▸ **EXERCISE PROMPT**: The answer should consist solely of the lines from the first one below through the line containing "use rl_base::NoMemory;", copied exactly.
• • •
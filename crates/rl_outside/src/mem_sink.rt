ghost use Rattle.std.specs.Prelude.{◌≡◌, ◌<◌, ◌≤◌, [], Some, length, min, take, IfOk, OnErr, if◌then◌else◌};
ghost use Rattle.std.specs.Result.{OkIff};
ghost use Rattle.std.proofs.Math.Nat.{min-le_right};
ghost use Rattle.rl_base.specs.Numbers.{greatest_u64};
ghost use Rattle.rl_outside.specs.MemSink.{size_of_put, after_put, after_fault, faults_of};

use crate::sink::{Sink, SinkFault};
use rl_base::NoMemory;
use std::alloc::Global;
use std::marker::Model;

/// A sink that keeps what it takes in memory, for tests. It can be told to take little at a time, to run
/// full, and at which puts to fail.
#[derive(Debug, Drop)]
pub struct MemSink {
    bytes: Vec<u8>,
    room: usize,
    piece: usize,
    fails: Vec<u32>,
    puts: u32,
    faults: u64,
}

impl Model for MemSink {
    ghost use Rattle.std.specs.Prelude.{◌≤◌, length, vec_capacity};
    ghost use Rattle.rl_outside.specs.MemSink.{MemSinkState};

    ghost Value = { MemSinkState };

    ghost view = { λ s. record {
      bytes = s.bytes.items;
      room = s.room;
      piece = s.piece;
      fails = s.fails.items;
      puts = s.puts;
      faults = s.faults;
    } };

    // The memory for all the room is there, so that a put takes none.
    ghost invariant = { λ s. (length s.bytes.items ≤ s.room) × (s.room ≤ vec_capacity s.bytes) };
}

impl MemSink {
    /// A sink with nothing in it. It takes the memory for `room` bytes at once. One put takes at most
    /// `piece` bytes, and those whose number, counted from 0, is in `fails` fail.
    pub fn new(alloc: Global, room: usize, piece: usize, fails: &[u32]) -> Result<MemSink, NoMemory>
        requires { 1 ≤ piece }
        ensures { IfOk result (λ sink. sink ≡
            record { bytes = []; room = room; piece = piece; fails = fails.now; puts = 0; faults = 0 }) }
    {
        Ok(MemSink {
            bytes: Vec::with_capacity(alloc, room)?,
            room,
            piece,
            fails: Vec::from_slice(alloc, fails)?,
            puts: 0,
            faults: 0,
        })
    }

    /// Lends the bytes taken so far.
    pub fn bytes(&self) -> &[u8]
        ensures { result.now ≡ self.now.bytes }
    {
        self.bytes.as_slice()
    }

    /// How many bytes the next put takes, of a piece of this length.
    fn size_of_put(&self, len: usize) -> usize
        ensures { result ≡ size_of_put self.now len }
    {
        if self.fails.contains(&self.puts) {
            0
        } else {
            len.min(self.piece).min(self.room - self.bytes.len())
        }
    }
}

impl Sink for MemSink {
    ghost written = { λ sink. Some sink.bytes };

    ghost faults = { faults_of };

    ghost bounded = { λ sink. min-le_right sink.faults greatest_u64 };

    /// Takes the least of the piece's length, what one put takes at most, and the room left. Fails where
    /// that is 0 or the put's number is a failing one. Takes no memory.
    fn put(&mut self, piece: &[u8]) -> Result<usize, SinkFault>
        requires { 0 < length piece.now }
        ensures exact { let size = size_of_put self.old (length piece.now) in OkIff result (0 < size) size }
        ensures after_ok { IfOk result (λ n. self.new ≡ after_put self.old (take n piece.now)) }
        ensures after_err { OnErr result (self.new ≡ after_fault self.old) }
    {
        let n = self.size_of_put(piece.len());
        self.puts = self.puts.saturating_add(1);
        if n == 0 {
            self.faults = self.faults.saturating_add(1);
            return Err(SinkFault);
        }
        self.bytes.extend_from_slice(&piece[..n]).unwrap();
        Ok(n)
    }
}
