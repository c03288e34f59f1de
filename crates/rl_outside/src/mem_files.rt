ghost use Rattle.std.specs.Prelude.{◌≡◌, ◌≢◌, ℕ, List, [], Some, Ok, Err, position, IfOk, IfErr, OnOk, OnErr};
ghost use Rattle.std.specs.Option.{option_copied};
ghost use Rattle.std.specs.Str.{bytes_eq};
ghost use Rattle.rl_outside.specs.Causes.{CountsFetch, times_in, failed_after};
ghost use Rattle.rl_outside.specs.Numbering.{number_after};
ghost use Rattle.rl_outside.specs.MemFiles.{bytes_under, answer_of, read_within};

use crate::failed::{FailedNames, noted, times_in};
use crate::files::{Fetch, Files};
use rl_base::{NoMemory, Sequence, Text};
use std::alloc::Global;
use std::marker::Model;

/// A file under its name.
#[derive(Debug, Drop)]
struct StoredFile {
    name: Text,
    bytes: Sequence<u8>,
}

/// Files that are kept in memory, for tests. They can be told at which fetches to fail, and they keep the
/// names whose fetch failed.
#[derive(Debug, Drop)]
pub struct MemFiles {
    alloc: Global,
    files: Vec<StoredFile>,
    fails: Vec<u32>,
    next: u32,
    failed: FailedNames,
}

impl Model for MemFiles {
    ghost use Rattle.rl_outside.specs.MemFiles.{MemFilesState};

    ghost Value = { MemFilesState };

    ghost view = { λ m. record {
      files = m.files.items;
      fails = m.fails.items;
      next = m.next;
      failed = m.failed;
    } };
}

/// The place of the file with this name.
fn place_of(files: &[StoredFile], name: &str) -> Option<usize>
    ensures { result ≡ position (λ f. bytes_eq f.name name.now) files.now }
{
    files.iter().position(|f| f.name.as_str() == name)
}

/// Puts the bytes under the name, in place of those that were there.
fn store(
    alloc: Global,
    files: &mut Vec<StoredFile>,
    name: &str,
    bytes: &[u8],
) -> Result<(), NoMemory>
    ensures there { OnOk result (bytes_under files.new.items name.now ≡ Some bytes.now) }
    ensures others { (n : List ℕ) → n ≢ name.now → bytes_under files.new.items n ≡ bytes_under files.old.items n }
    ensures refused { OnErr result (files.new.items ≡ files.old.items) }
{
    let bytes = Sequence::from_vec(Vec::from_slice(alloc, bytes)?);
    match place_of(files, name) {
        Some(i) => {
            files[i].bytes = bytes;
            Ok(())
        }
        None => {
            let name = Text::of(alloc, name)?;
            files.push(StoredFile { name, bytes })?;
            Ok(())
        }
    }
}

/// Lends the bytes under the name.
fn bytes_of<'a>(files: &'a [StoredFile], name: &str) -> Option<&'a Sequence<u8>>
    ensures { option_copied result ≡ bytes_under files.now name.now }
{
    match files.iter().find(|f| f.name.as_str() == name) {
        None => None,
        Some(file) => Some(&file.bytes),
    }
}

/// Copies the bytes under the name, where there are at most `limit`.
fn read_within(
    alloc: Global,
    files: &[StoredFile],
    name: &str,
    limit: usize,
) -> Result<Vec<u8>, Fetch>
    ensures ok { IfOk result (λ bytes. read_within limit (bytes_under files.now name.now) ≡ Ok bytes.items) }
    ensures err { IfErr result (λ e. e ≢ Fetch.NoMemory →
        read_within limit (bytes_under files.now name.now) ≡ Err e) }
{
    match bytes_of(files, name) {
        None => Err(Fetch::Failed),
        Some(bytes) if bytes.len() > limit => Err(Fetch::TooLong),
        Some(bytes) => Ok(Vec::from_slice(alloc, bytes.as_slice())?),
    }
}

impl MemFiles {
    /// No files yet. Those fetches whose number, counted from 0, is in `fails` fail.
    pub fn new(alloc: Global, fails: &[u32]) -> Result<MemFiles, NoMemory>
        ensures { IfOk result (λ files. files ≡
            record { files = []; fails = fails.now; next = 0; failed = [] }) }
    {
        Ok(MemFiles {
            alloc,
            files: Vec::new(alloc),
            fails: Vec::from_slice(alloc, fails)?,
            next: 0,
            failed: FailedNames::new(alloc),
        })
    }

    /// Puts the bytes under the name, in place of those that were there. A refused call changes nothing.
    pub fn add(&mut self, name: &str, bytes: &[u8]) -> Result<(), NoMemory>
        ensures there { OnOk result (bytes_under self.new.files name.now ≡ Some bytes.now) }
        ensures others { (n : List ℕ) → n ≢ name.now →
            bytes_under self.new.files n ≡ bytes_under self.old.files n }
        ensures rest { self.new ≡ record self.old { files = self.new.files } }
        ensures refused { OnErr result (self.new ≡ self.old) }
    {
        store(self.alloc, &mut self.files, name, bytes)
    }

    /// How many fetches of the name have failed.
    pub fn failed(&self, name: &str) -> usize
        ensures { result ≡ times_in self.now.failed name.now }
    {
        times_in(&self.failed, name)
    }

    /// How the next fetch ends, noted or not.
    fn answer(&self, alloc: Global, name: &str, limit: usize) -> Result<Vec<u8>, Fetch>
        ensures ok { IfOk result (λ bytes. answer_of self.now name.now limit ≡ Ok bytes.items) }
        ensures err { IfErr result (λ e. e ≢ Fetch.NoMemory → answer_of self.now name.now limit ≡ Err e) }
    {
        if self.fails.contains(&self.next) {
            return Err(Fetch::Failed);
        }
        read_within(alloc, &self.files, name, limit)
    }
}

impl Files for MemFiles {
    ghost held = { λ m. bytes_under m.files };

    ghost faults = { λ m. times_in m.failed };

    /// Each fetch is counted, whatever it answers. A failing number comes before all else, then a name
    /// that isn't there, then bytes that are too many. Where a failed name can't be noted for want of
    /// memory, the answer is `NoMemory` and the names stay.
    fn fetch(&mut self, alloc: Global, name: &str, limit: usize) -> Result<Vec<u8>, Fetch>
        ensures ok { IfOk result (λ bytes. answer_of self.old name.now limit ≡ Ok bytes.items) }
        ensures err { IfErr result (λ e. e ≢ Fetch.NoMemory → answer_of self.old name.now limit ≡ Err e) }

        // What follows for the counts.
        ensures cause { CountsFetch result (times_in self.old.failed name.now) (times_in self.new.failed name.now) }
        ensures others { (n : List ℕ) → n ≢ name.now → times_in self.new.failed n ≡ times_in self.old.failed n }
        ensures after { self.new ≡ record self.old {
          next = number_after self.old.next;
          failed = failed_after result self.old.failed name.now;
        } }
    {
        let answer = self.answer(alloc, name, limit);
        self.next = self.next.saturating_add(1);
        noted(alloc, &mut self.failed, name, answer)
    }
}
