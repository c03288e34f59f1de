ghost use Rattle.std.specs.Prelude.{◌≡◌, ◌≢◌, ◌+◌, ℕ, List, [], ◌∷◌, ◌++◌, OnOk, OnErr, ◌⊎◌, Err};
ghost use Rattle.rl_outside.specs.Causes.{CountsFetch, times_in, failed_after};

use crate::files::Fetch;
use rl_base::{NoMemory, Sequence, Text};
use std::alloc::Global;

/// The names of the fetches that failed, oldest first. A name stands there once for each of its faults.
pub type FailedNames = Sequence<Text>;

/// Notes that a fetch of the name failed.
fn note(alloc: Global, names: &mut FailedNames, name: &str) -> Result<(), NoMemory>
    ensures ok { OnOk result (names.new ≡ names.old ++ name.now ∷ []) }
    ensures err { OnErr result (names.new ≡ names.old) }
    ensures counted { OnOk result (times_in names.new name.now ≡ times_in names.old name.now + 1) }
    ensures others { (n : List ℕ) → n ≢ name.now → times_in names.new n ≡ times_in names.old n }
{
    let name = Text::of(alloc, name)?;
    names.push(name)?;
    Ok(())
}

/// The answer to a fetch of the name, after its fault was noted, if it is one. It stands, unless there is no
/// memory for the note.
pub fn noted<T: Drop>(
    alloc: Global,
    names: &mut FailedNames,
    name: &str,
    answer: Result<T, Fetch>,
) -> Result<T, Fetch>
    ensures stands { (result ≡ answer) ⊎ (result ≡ Err Fetch.NoMemory) }
    ensures after { names.new ≡ failed_after result names.old name.now }
    ensures cause { CountsFetch result (times_in names.old name.now) (times_in names.new name.now) }
    ensures others { (n : List ℕ) → n ≢ name.now → times_in names.new n ≡ times_in names.old n }
{
    if let Err(Fetch::Failed) = answer {
        note(alloc, names, name)?;
    }
    answer
}

/// How often the name stands in the list.
pub fn times_in(names: &FailedNames, name: &str) -> usize
    ensures { result ≡ times_in names.now name.now }
{
    names
        .as_slice()
        .iter()
        .filter(|n| n.as_str() == name)
        .count()
}
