ghost use Rattle.std.specs.Prelude.{◌≡◌, ◌+◌, ◌-◌, ◌<◌, ◌≤◌, min, length, IfOk, OnOk, OnErr};
ghost use Rattle.std.specs.Io.KnownBytes.{WriteAppends};
ghost use Rattle.std.proofs.Math.Nat.{min-le_right};
ghost use Rattle.rl_base.specs.Numbers.{greatest_u64};
ghost use Rattle.rl_outside.specs.Sink.{taken_by};

use crate::sink::{Sink, SinkFault};
use std::io;
use std::io::{Printer, Write};
use std::marker::Model;

/// A writer of std as a sink, which tells what the writer is known to hold.
#[derive(Drop)]
pub struct WriterSink<W> {
    to: W,
    faults: u64,
}

/// The standard output. It tells no bytes.
pub type StdSink<'a, R> = WriterSink<Printer<'a, R>>;

impl<W> Model for WriterSink<W> {
    ghost use Rattle.rl_outside.specs.Sink.{SinkState};

    ghost Value = { SinkState W };

    ghost view = { λ s. record { to = s.to; faults = s.faults } };
}

impl<W> WriterSink<W> {
    /// No put has failed yet.
    pub fn over(to: W) -> WriterSink<W>
        ensures { result ≡ record { to = to; faults = 0 } }
    {
        WriterSink { to, faults: 0 }
    }
}

impl<'a, R: Print> StdSink<'a, R> {
    /// No put has failed yet.
    pub fn new(rt: &'a R) -> StdSink<'a, R>
        ensures { result.faults ≡ 0 }
    {
        WriterSink::over(io::writer(rt))
    }
}

/// What the answer to a write is to a sink.
fn taken(answer: io::Result<usize>) -> Result<usize, SinkFault>
    ensures { result ≡ taken_by answer }
{
    match answer {
        Ok(n) if n > 0 => Ok(n),
        _ => Err(SinkFault),
    }
}

impl<W: Write> Sink for WriterSink<W> {
    ghost written = { λ s. W.contents s.to };

    ghost faults = { λ s. min s.faults greatest_u64 };

    ghost bounded = { λ s. min-le_right s.faults greatest_u64 };

    /// Writes once. A write that takes no byte counts as a fault.
    fn put(&mut self, piece: &[u8]) -> Result<usize, SinkFault>
        ensures within { IfOk result (λ n. (0 < n) × (n ≤ length piece.now)) }
        ensures bytes { WriteAppends (W.contents self.old.to) (W.contents self.new.to) result piece.now }
        ensures after_ok { OnOk result (self.new.faults ≡ self.old.faults) }
        ensures after_err { OnErr result (self.new.faults ≡ min (self.old.faults + 1) greatest_u64) }
    {
        let answer = taken(self.to.write(piece));
        if answer.is_err() {
            self.faults = self.faults.saturating_add(1);
        }
        answer
    }
}
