use rl_base::{NodeNo, WordNo};

/// Who may watch the turns of nodes, on whatever thread they run. A gate tells nothing and changes
/// nothing of the railway.
pub trait Gate: Sync {
    /// Comes before each turn of the node.
    fn pass(&self, node: NodeNo);

    /// Comes after each turn in which the node changed the word from `was` to `now`, with the stamp of
    /// the change, on the thread that made the turn.
    fn moved(&self, node: NodeNo, stamp: u32, word: WordNo, was: u64, now: u64);
}

/// The gate that lets everything pass at once and notes nothing.
#[derive(Clone, Copy, Debug)]
pub struct OpenGate;

impl Gate for OpenGate {
    fn pass(&self, _node: NodeNo) {}

    fn moved(&self, _node: NodeNo, _stamp: u32, _word: WordNo, _was: u64, _now: u64) {}
}
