//! What the outside does where no command comes: a file put again, a sink that runs full, files of a folder, a file
//! with no end.
use super::*;
use crate::dir_files::read_whole;
use std::io::{Cursor, Read};
use std::process::Abort;
use std::test::Fail;
use std::{fs, io};

/// Fetches each name within its limit, in this order, and compares the answers.
fn fetch_in_order<F: Files>(
    rt: &(impl Abort + AllocGlobal),
    files: &mut F,
    table: &[(&str, usize, Result<&[u8], Fetch>)],
) {
    for (name, limit, want) in table {
        let got = files.fetch(rt.alloc(), name, *limit);
        let got = match &got {
            Ok(bytes) => Ok(bytes.as_slice()),
            Err(why) => Err(*why),
        };
        assert_eq!(rt; got, *want, "{name} within {limit}");
    }
}

#[test]
fn files_of_the_folder_are_fetched(rt: HostRuntime) -> Result<(), Fail> {
    let text = "0123456789".repeat(rt.alloc(), 500)?;
    fs::write(&rt, "long", text.as_str())?;
    fs::write(&rt, "empty", "")?;
    fs::create_dir(&rt, "folder")?;
    let mut files = DirFiles::new(&rt, rt.alloc());
    fetch_in_order(
        &rt,
        &mut files,
        &[
            ("long", 5000, Ok(text.as_bytes())),
            ("long", 4999, Err(Fetch::TooLong)),
            ("empty", 0, Ok(b"")),
            ("long", 0, Err(Fetch::TooLong)),
            ("absent", 5000, Err(Fetch::Failed)),
            ("folder", 5000, Err(Fetch::Failed)),
        ],
    );
    Ok(())
}

#[test]
fn files_in_memory_are_replaced(rt: HostRuntime) -> Result<(), Fail> {
    let mut files = MemFiles::new(rt.alloc(), &[])?;
    files.add("a", b"one")?;
    files.add("a", b"three")?;
    let table: [(&str, usize, Result<&[u8], Fetch>); 3] = [
        ("a", 5, Ok(b"three")),
        ("c", 5, Err(Fetch::Failed)),
        ("c", 5, Err(Fetch::Failed)),
    ];
    fetch_in_order(&rt, &mut files, &table);
    assert!(rt; files.failed("a") == 0 && files.failed("c") == 2);
    Ok(())
}

/// Puts three pieces where there is room for four bytes.
fn assert_runs_full<K: Sink>(rt: &impl Abort, sink: &mut K) {
    let table: [(&[u8], Result<usize, SinkFault>); 3] = [
        (b"abc", Ok(3)),
        (b"de", Ok(1)),
        (b"e", Err(SinkFault)),
    ];
    for (piece, want) in table {
        assert_eq!(rt; sink.put(piece), want, "{piece:?}");
    }
}

#[test]
fn a_sink_takes_what_it_can(rt: HostRuntime) -> Result<(), Fail> {
    assert_runs_full(&rt, &mut WriterSink::over(Cursor::new([0u8; 4])));
    let mut sink = MemSink::new(rt.alloc(), 4, 16, &[])?;
    assert_runs_full(&rt, &mut sink);
    assert_eq!(rt; sink.bytes(), b"abcd".as_slice());
    Ok(())
}

#[test]
fn a_text_is_put_in_pieces(rt: HostRuntime) -> Result<(), Fail> {
    let mut sink = MemSink::new(rt.alloc(), 8, 3, &[])?;
    assert_eq!(rt; put_all(&mut sink, b""), Ok(()));
    assert_eq!(rt; put_all(&mut sink, b"end\nend\n"), Ok(()));
    assert_eq!(rt; sink.bytes(), b"end\nend\n".as_slice());
    Ok(())
}

/// A file with no end, which counts the bytes that it gave.
struct Endless {
    given: usize,
}

impl Read for Endless {
    fn read(&mut self, buf: &mut [u8]) -> io::Result<usize> {
        self.given = self.given.saturating_add(buf.len());
        Ok(buf.len())
    }
}

#[test]
fn a_file_is_read_one_byte_past_the_limit(rt: HostRuntime) {
    let mut file = Endless { given: 0 };
    let answer = read_whole(&mut file, rt.alloc(), 5000);
    assert_eq!(rt; answer.err(), Some(Fetch::TooLong));
    assert_eq!(rt; file.given, 5001);
    let Endless { given: _ } = file;
}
• • •
▸ **ANSWER BOX**:
filename crates/rl_outside/src/mem_sink.rt
ghost use Rattle.std.specs.Prelude.{◌≡◌, ◌<◌, ◌≤◌, [], Some, length, min, take, IfOk, OnErr, if◌then◌else◌};
ghost use Rattle.std.specs.Result.{OkIff};
ghost use Rattle.std.proofs.Math.Nat.{min-le_right};
ghost use Rattle.rl_base.specs.Numbers.{greatest_u64};
ghost use Rattle.rl_outside.specs.MemSink.{size_of_put, after_put, after_fault, faults_of};

use crate::sink::{Sink, SinkFault};
use rl_base::NoMemory;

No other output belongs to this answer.